How can we forget about the much-hyped announcement of Bard, Google’s AI-powered chatbot, wherein incorrect claims were made about the James Webb telescope in its first promotional video. This had serious financial implications for Google’s parent company, Alphabet, which lost $100 billion in market value on the same day.
Consider a scenario wherein the LLM model used by the organisation starts providing fabricated information, and employees use this to make business decisions. Matta vs. Avianca is an example of how fabricated information may harm the reputation of the organisation and raise ethical concerns. In addition to that, it also results in a loss of time and money to rework the process.
Text with misleading information generated by LLM models can also pose a challenge for organisations; for example, a chatbot promising something that is against organisational policy or telling customers about a feature of a product or service that is not present. This will impact the organisation’s credibility, leading to a customer trust deficit. The repercussions of a trust deficit are losing customer loyalty and difficulty in retaining customers.
Sometimes, AI Hallucinations may leave organisations embarrassed with weird and creepy responses. For example, in 2018, WestJet Chatbot sent a link to a suicide prevention hotline to a happy customer for no obvious reason .
In sum, AI hallucinations can lead to reputational damage or financial, operational, and legal risks for an organisation.

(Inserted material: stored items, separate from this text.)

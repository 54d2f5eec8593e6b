// The asks of which an event can be made.
ghost use Rattle.std.specs.Prelude.{◌≢◌, ◌↔◌, IsTrue, IfSome};
ghost use Rattle.spec_ephemeris.specs.declared.body.Body.TheVariants.{Ssb};
ghost use Rattle.spec_kinds.specs.Asks.{IsAsk};

use eph_model::Body;
use spec_kinds::Ask;

/// Tells whether an event can be made of an ask: it names a second body exactly if its kind takes one, no target is the
/// barycentre of the solar system, and its axis is 0, 1 or 2.
pub fn is_ask(ask: &Ask) -> bool
    ensures { IsTrue result ↔ IsAsk ask.now }
{
    ask.second.is_some() == ask.kind.takes_second()
        && can_be_target(ask.target)
        && can_be_second_target(ask.second)
        && ask.axis < 3
}

// Tells whether a body can be a target, which is any but the barycentre of the solar system.
fn can_be_target(body: Body) -> bool
    ensures { IsTrue result ↔ (body ≢ Ssb) }
{
    body != Body::Ssb
}

// Tells whether the second body of an ask can be a target: any but the barycentre of the solar system, or none at all.
fn can_be_second_target(second: Option<Body>) -> bool
    ensures { IsTrue result ↔ IfSome second (λ body. body ≢ Ssb) }
{
    match second {
        None => true,
        Some(body) => can_be_target(body),
    }
}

How do we mitigate AI hallucinations?
AI hallucinations occur due to several underlying issues within the AI’s learning process and architecture. LLMs are trained extensively on large datasets to learn patterns and generate coherent content. Thus, training data must be free of biases, should not contain misinformation, and should be free of contradictory statements. Further, organisations should be careful when using generic LLMs like Chat GPT; instead, they need to ensure that LLMs are trained using a knowledge base that is relevant to their domain. AI research companies have been trying to find ways to deal with these challenges, and Retrieval Augmented Generation (RAG) techniques seem promising.
RAG is a technology that combats AI hallucinations by providing factual grounding. This involves a comprehensive search of an organisation’s private data sources, which are curated and reviewed by domain experts, to identify relevant information that can enhance LLM’s public knowledge. Consequently, the LLM can anchor its responses in actual data, thus significantly reducing the risk of generating spurious outputs that are unsupported by empirical evidence. By doing so, RAG enhances the reliability and accuracy of the LLM’s output, which is paramount in business where data-driven decisions are critical.
Ensure verification before application
It is crucial to remember that hallucination is a limitation of LLMs and cannot be cured 100 per cent. However, it can be reduced by ensuring rigorous testing, verification, and validation of every stage of the LLM process through the Human-in-the-Loop approach. By incorporating these measures, we can increase the reliability and accuracy of outputs generated by LLMs. Adopting a mindful and prudent approach towards implementing LLM by organisations can aid in making informed decisions.